We will now boot up the development board once more and mount the SD partition where you copied the file. Next, execute the following command to start up fii_dt_app.
./fii_dt_app.o
Note the help instructions that are also displayed, which we wrote in the code.

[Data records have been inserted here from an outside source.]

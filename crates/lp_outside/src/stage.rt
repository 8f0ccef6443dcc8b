// A stage: texts of outputs that wait.
ghost use Rattle.std.specs.Prelude.{◌≡◌, ◌+◌, ◌%◌, ◌^◌, ◌≤◌, ℕ, List, [], length, OnOk, OnErr, IfOk, Option, IsSomeAnd};
ghost use Rattle.lp_model.specs.Outside.{HasCause, Told, GainsSome};
ghost use Rattle.lp_outside.specs.declared.stage.Mark.{Mark};
ghost use Rattle.lp_outside.specs.Stages.{StageState, no_mark, KeepsAll, KeepsClosed, KeepsTaken};
ghost use Rattle.lp_outside.specs.Gained.{Gained, SparesOthers, SparesFronts, SparesLengths, KeepsLengths, SparesEnded, KeepsEnded};

use crate::Name;
use thiserror::Error;

/// A call of a stage failed. Nothing is said of that output's text.
#[derive(Clone, Copy, Debug, PartialEq, Eq, Error)]
#[error("a stage failed")]
pub struct StageFailed;

/// How far an output's text was staged.
#[derive(Clone, Copy, Debug, PartialEq, Eq)]
pub struct Mark {
    /// The place of its last frame, 2^64 - 1 where it has none.
    pub last: u64,
    /// How many bytes it has, modulo 2^64.
    pub length: u64,
}

impl Mark {
    /// The mark of an empty text.
    pub fn none() -> Mark
        ensures { result ≡ no_mark }
    {
        Mark {
            last: u64::MAX,
            length: 0,
        }
    }
}

/// Texts of outputs that wait to be written, or go on to an output stream at once. A caller hands in one name and one base
/// for an index; the base is the place in the output's file where its text begins.
pub trait Stage {
    /// What it holds.
    ghost state: { Self → StageState };

    /// How often it has failed.
    ghost faults: { Self → ℕ };

    /// What it lets stand from one moment to a later one, over all its calls.
    ghost goes: { Self → Self → Type 0 };

    /// The output of this name and base was ended at this mark.
    ghost ended: { Self → List ℕ → ℕ → Mark → Type 0 };

    /// The length of an output's file.
    fn held(&mut self, name: &Name) -> Result<u64, StageFailed>
        ensures goes { goes self.old self.new }
        ensures texts { (state self.old).tells → KeepsAll (state self.old) (state self.new) }
        ensures written { (state self.new).written ≡ (state self.old).written }
        ensures taken { (state self.new).taken ≡ (state self.old).taken }
        ensures length { IfOk result (λ bytes. (state self.old).is_length name.now bytes) }
        ensures lengths { KeepsLengths (state self.old) (state self.new) }
        ensures ended { KeepsEnded ended self.old self.new }
        ensures bound { IfOk result (λ bytes. bytes ≤ 2 ^ 62) }
        ensures cause { HasCause (faults self.old) (faults self.new) result };

    /// Adds bytes to an output's text, and moves the mark behind them. A piece begins at a multiple of 4,096.
    fn put(
        &mut self,
        output: u32,
        name: &Name,
        base: u64,
        mark: &mut Mark,
        bytes: &[u8],
    ) -> Result<(), StageFailed>
        requires { mark.old.length % 4096 ≡ 0 }
        ensures goes { goes self.old self.new }
        ensures gained { OnOk result (Gained output name.now base mark.old mark.new bytes.now (state self.old) (state self.new)) }
        // After a refusal the mark is where it was, and a stream has written the front of the bytes.
        ensures err { OnErr result (mark.new ≡ mark.old) }
        ensures front { OnErr result (GainsSome (state self.old).written (state self.new).written bytes.now) }
        ensures taken { OnErr result (Told (state self.old).taken (λ before. IsSomeAnd (state self.new).taken (λ now. before ≤ now))) }
        ensures others { SparesOthers output name.now (state self.old) (state self.new) }
        ensures fronts { SparesFronts base (state self.old) (state self.new) }
        ensures lengths { SparesLengths name.now (state self.old) (state self.new) }
        ensures ended { SparesEnded ended name.now self.old self.new }
        ensures cause { HasCause (faults self.old) (faults self.new) result };

    /// Ends an output. Its text stays.
    fn close(&mut self, name: &Name, base: u64, mark: &Mark) -> Result<(), StageFailed>
        ensures goes { goes self.old self.new }
        ensures kept { (state self.old).tells → KeepsClosed name.now base mark.now (state self.old) (state self.new) }
        ensures tells { OnOk result ((state self.old).tells → (state self.new).tells) }
        ensures fronts { SparesFronts base (state self.old) (state self.new) }
        ensures written { (state self.new).written ≡ (state self.old).written }
        ensures taken { (state self.new).taken ≡ (state self.old).taken }
        ensures lengths { SparesLengths name.now (state self.old) (state self.new) }
        ensures ended { SparesEnded ended name.now self.old self.new }
        ensures closed { OnOk result (ended self.new name.now base mark.now) }
        ensures cause { HasCause (faults self.old) (faults self.new) result };

    /// No call at all lets all stand.
    ghost goes_nowhere: { (stage : Self) → goes stage stage };

    /// What stands over some calls and over later ones stands over all of them.
    ghost goes_on: { (first second third : Self) → goes first second → goes second third → goes first third };

    /// It takes no byte back.
    ghost keeps_taken: { (before now : Self) → goes before now → KeepsTaken (state before) (state now) };

    /// An output without a frame has an empty text.
    ghost empty: { (stage : Self) → (state stage).tells → (output : ℕ) (name : List ℕ) (base : ℕ) → (state stage).is_text output name base no_mark [] };

    /// An output has one text at a mark.
    ghost one: { (stage : Self) → (state stage).tells → (output : ℕ) (name : List ℕ) (base : ℕ) (mark : Mark) (text other : List ℕ)
        → (state stage).is_text output name base mark text → (state stage).is_text output name base mark other → other ≡ text };
}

We can read and write operations.
Some examples are:
./fii_dt_app.o dir 0 Sets all gpio as outputs.
./fii_dt_app.o wr 0 Sets the lowest gpio as 0.
./fii_dt_app.o wr 7 Sets the lowest 3 gpio as 0.
./fii_dt_app.o dir 7 Sets the lowest 3 gpio as input. The 3 lights on the left light up (7 is binary 111).
./fii_dt_app.o rd Reads the gpio value; the user can flip the switches to see gpio status.
Notice how the LED lights on the development board change with the commands.